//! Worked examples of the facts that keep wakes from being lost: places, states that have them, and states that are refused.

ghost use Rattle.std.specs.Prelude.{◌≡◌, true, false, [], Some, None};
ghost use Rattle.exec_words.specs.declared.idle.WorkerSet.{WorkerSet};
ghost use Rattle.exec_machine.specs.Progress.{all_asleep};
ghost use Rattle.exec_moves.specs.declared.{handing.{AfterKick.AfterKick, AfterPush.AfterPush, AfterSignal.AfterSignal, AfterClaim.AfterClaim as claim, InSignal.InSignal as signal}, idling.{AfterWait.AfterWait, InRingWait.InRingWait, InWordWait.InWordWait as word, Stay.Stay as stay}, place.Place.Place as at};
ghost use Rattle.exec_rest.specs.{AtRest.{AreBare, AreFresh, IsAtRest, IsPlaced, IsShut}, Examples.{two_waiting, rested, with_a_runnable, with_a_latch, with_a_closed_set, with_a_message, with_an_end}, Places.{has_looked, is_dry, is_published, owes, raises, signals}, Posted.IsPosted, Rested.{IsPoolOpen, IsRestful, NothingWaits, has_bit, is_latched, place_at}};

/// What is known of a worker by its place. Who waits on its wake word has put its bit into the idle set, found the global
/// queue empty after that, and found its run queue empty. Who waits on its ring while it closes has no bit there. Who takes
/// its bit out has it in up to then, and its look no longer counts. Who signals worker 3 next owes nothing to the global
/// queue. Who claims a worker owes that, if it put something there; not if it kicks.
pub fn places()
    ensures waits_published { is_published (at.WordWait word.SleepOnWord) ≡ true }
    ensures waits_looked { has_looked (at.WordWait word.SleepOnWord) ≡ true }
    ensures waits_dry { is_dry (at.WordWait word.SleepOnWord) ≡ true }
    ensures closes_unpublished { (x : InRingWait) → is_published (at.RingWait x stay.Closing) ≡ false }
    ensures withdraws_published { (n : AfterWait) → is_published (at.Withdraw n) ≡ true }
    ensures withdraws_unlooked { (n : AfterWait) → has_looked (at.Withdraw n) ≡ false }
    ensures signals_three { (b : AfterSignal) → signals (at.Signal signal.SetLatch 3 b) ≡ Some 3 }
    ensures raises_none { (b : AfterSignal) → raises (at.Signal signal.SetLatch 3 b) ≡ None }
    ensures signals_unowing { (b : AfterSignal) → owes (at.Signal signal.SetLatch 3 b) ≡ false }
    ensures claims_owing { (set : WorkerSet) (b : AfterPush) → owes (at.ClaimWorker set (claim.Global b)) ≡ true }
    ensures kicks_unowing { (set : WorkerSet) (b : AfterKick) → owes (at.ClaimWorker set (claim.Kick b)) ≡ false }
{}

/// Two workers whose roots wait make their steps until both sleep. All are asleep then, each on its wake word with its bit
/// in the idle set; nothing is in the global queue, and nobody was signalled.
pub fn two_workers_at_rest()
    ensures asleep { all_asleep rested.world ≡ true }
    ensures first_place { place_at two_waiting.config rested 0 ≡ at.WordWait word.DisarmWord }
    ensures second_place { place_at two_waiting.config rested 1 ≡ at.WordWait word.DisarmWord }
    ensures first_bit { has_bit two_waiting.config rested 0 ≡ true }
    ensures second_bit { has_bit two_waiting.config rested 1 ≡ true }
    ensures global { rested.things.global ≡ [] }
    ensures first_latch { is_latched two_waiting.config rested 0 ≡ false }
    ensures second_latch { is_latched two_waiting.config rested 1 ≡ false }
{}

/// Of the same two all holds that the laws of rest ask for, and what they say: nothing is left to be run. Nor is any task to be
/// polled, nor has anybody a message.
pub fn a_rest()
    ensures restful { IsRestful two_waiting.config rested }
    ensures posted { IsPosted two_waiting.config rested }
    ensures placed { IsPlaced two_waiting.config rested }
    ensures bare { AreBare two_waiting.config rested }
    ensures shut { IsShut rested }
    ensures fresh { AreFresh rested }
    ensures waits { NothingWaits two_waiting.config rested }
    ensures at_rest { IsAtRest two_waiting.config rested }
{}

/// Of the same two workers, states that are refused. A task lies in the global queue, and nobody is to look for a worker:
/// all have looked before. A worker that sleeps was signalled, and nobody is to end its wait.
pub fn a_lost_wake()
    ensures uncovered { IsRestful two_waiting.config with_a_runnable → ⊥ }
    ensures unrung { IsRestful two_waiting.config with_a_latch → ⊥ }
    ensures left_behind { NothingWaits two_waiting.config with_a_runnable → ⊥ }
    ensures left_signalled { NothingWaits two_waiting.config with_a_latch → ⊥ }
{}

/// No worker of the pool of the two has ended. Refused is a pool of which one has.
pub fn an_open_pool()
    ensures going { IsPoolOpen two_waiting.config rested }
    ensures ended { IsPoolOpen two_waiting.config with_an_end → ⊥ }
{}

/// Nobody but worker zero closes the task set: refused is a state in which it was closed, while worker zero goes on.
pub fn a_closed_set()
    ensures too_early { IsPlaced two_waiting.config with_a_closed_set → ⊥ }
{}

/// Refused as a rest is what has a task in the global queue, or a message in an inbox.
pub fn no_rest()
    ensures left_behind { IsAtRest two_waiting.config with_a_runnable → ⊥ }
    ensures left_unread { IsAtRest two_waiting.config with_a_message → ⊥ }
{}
******************************
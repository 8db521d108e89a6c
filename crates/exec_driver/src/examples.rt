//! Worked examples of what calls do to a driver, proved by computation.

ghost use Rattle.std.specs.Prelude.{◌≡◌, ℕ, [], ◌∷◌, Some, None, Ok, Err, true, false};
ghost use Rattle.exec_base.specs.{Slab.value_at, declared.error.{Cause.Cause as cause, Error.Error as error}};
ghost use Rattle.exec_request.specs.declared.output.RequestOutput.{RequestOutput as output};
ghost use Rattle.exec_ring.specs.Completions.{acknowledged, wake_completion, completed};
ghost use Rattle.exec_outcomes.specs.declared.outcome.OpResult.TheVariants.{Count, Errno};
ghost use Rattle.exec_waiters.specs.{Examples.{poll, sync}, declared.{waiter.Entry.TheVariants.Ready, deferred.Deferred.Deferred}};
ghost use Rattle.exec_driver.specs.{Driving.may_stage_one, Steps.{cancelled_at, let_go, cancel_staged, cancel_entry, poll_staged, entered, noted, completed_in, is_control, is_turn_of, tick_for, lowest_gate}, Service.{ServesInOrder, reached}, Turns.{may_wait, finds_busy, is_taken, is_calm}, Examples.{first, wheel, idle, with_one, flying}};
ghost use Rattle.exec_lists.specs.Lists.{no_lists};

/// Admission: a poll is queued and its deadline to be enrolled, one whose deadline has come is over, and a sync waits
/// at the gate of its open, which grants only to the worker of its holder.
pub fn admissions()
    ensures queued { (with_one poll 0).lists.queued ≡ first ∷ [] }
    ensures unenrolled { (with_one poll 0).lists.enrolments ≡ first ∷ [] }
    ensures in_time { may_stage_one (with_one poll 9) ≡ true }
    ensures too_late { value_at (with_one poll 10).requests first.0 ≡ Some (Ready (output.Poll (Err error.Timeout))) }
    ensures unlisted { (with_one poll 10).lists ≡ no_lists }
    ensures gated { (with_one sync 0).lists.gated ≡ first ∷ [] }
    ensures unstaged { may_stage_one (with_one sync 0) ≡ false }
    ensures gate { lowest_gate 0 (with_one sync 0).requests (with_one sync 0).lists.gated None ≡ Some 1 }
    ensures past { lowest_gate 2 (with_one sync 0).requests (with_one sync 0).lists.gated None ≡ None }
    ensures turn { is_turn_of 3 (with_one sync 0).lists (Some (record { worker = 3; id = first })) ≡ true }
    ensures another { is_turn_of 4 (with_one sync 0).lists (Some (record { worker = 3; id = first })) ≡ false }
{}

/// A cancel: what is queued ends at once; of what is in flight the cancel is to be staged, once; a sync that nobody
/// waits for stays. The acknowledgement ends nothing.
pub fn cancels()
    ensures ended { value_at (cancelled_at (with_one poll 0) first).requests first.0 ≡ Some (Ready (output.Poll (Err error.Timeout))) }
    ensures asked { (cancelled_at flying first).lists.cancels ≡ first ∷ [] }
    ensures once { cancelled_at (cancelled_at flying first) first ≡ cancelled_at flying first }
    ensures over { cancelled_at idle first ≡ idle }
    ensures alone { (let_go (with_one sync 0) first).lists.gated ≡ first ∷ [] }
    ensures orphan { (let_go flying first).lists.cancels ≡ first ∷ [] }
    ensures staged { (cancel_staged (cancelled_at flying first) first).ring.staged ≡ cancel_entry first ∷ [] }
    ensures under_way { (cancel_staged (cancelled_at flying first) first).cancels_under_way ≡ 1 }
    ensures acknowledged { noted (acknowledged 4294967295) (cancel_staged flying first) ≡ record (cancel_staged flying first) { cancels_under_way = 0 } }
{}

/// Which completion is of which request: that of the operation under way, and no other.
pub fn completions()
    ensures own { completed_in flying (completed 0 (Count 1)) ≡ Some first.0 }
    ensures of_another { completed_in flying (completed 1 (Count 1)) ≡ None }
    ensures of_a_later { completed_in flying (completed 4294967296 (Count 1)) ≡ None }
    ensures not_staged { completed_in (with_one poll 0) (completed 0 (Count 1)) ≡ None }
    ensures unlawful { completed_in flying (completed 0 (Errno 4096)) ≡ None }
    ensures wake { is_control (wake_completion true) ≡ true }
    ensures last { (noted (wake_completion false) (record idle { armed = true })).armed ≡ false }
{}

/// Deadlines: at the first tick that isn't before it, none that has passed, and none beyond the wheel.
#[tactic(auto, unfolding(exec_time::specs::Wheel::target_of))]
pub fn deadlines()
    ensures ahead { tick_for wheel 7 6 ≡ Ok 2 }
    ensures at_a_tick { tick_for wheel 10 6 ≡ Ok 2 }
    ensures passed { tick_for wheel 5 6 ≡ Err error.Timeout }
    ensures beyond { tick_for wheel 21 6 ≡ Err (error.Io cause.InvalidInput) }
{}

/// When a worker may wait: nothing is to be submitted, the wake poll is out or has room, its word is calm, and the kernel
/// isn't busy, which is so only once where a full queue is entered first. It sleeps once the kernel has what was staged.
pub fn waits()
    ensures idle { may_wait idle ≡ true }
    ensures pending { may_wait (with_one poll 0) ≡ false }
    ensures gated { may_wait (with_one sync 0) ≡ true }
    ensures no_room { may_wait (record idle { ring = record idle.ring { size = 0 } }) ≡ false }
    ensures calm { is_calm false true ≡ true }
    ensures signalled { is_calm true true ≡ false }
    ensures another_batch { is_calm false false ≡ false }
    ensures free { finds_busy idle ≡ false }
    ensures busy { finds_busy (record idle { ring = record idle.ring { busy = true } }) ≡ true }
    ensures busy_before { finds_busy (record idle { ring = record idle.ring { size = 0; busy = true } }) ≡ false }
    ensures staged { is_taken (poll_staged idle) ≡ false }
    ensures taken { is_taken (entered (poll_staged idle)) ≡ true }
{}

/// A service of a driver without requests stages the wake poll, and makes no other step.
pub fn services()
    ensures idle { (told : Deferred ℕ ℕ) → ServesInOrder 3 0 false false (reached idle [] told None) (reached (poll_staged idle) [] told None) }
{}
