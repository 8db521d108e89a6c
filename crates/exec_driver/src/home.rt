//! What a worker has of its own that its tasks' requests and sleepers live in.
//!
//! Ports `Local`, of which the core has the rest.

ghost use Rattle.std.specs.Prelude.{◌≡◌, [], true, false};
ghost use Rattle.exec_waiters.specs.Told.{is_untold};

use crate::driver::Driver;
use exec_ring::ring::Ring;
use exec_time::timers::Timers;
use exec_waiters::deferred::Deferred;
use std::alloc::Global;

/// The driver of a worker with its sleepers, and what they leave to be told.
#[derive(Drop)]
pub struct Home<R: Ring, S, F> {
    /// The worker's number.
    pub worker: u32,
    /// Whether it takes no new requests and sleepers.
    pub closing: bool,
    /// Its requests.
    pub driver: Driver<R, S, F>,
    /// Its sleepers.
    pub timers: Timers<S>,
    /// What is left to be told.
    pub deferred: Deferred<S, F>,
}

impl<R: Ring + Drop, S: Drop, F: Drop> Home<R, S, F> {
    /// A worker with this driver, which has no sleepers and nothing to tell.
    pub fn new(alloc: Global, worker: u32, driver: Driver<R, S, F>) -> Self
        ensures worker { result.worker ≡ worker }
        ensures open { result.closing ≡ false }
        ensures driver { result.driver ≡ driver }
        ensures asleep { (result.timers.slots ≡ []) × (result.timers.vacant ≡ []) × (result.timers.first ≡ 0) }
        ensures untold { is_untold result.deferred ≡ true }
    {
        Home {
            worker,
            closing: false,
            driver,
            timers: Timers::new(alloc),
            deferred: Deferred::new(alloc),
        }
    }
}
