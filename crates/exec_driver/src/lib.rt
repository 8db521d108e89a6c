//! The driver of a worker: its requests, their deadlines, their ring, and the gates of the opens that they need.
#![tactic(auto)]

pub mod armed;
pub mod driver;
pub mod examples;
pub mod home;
******************************
Please return every line of the records that contains the word "NothingWaits".

ghost use Rattle.exec_rest.specs.{AtRest.{AreBare, AreFresh, IsAtRest, IsPlaced, IsShut}, Examples.{two_waiting, rested, with_a_runnable, with_a_latch, with_a_closed_set, with_a_message, with_an_end}, Places.{has_looked, is_dry, is_published, owes, raises, signals}, Posted.IsPosted, Rested.{IsPoolOpen, IsRestful, NothingWaits, has_bit, is_latched, place_at}};
    ensures waits { NothingWaits two_waiting.config rested }
    ensures left_behind { NothingWaits two_waiting.config with_a_runnable → ⊥ }
    ensures left_signalled { NothingWaits two_waiting.config with_a_latch → ⊥ }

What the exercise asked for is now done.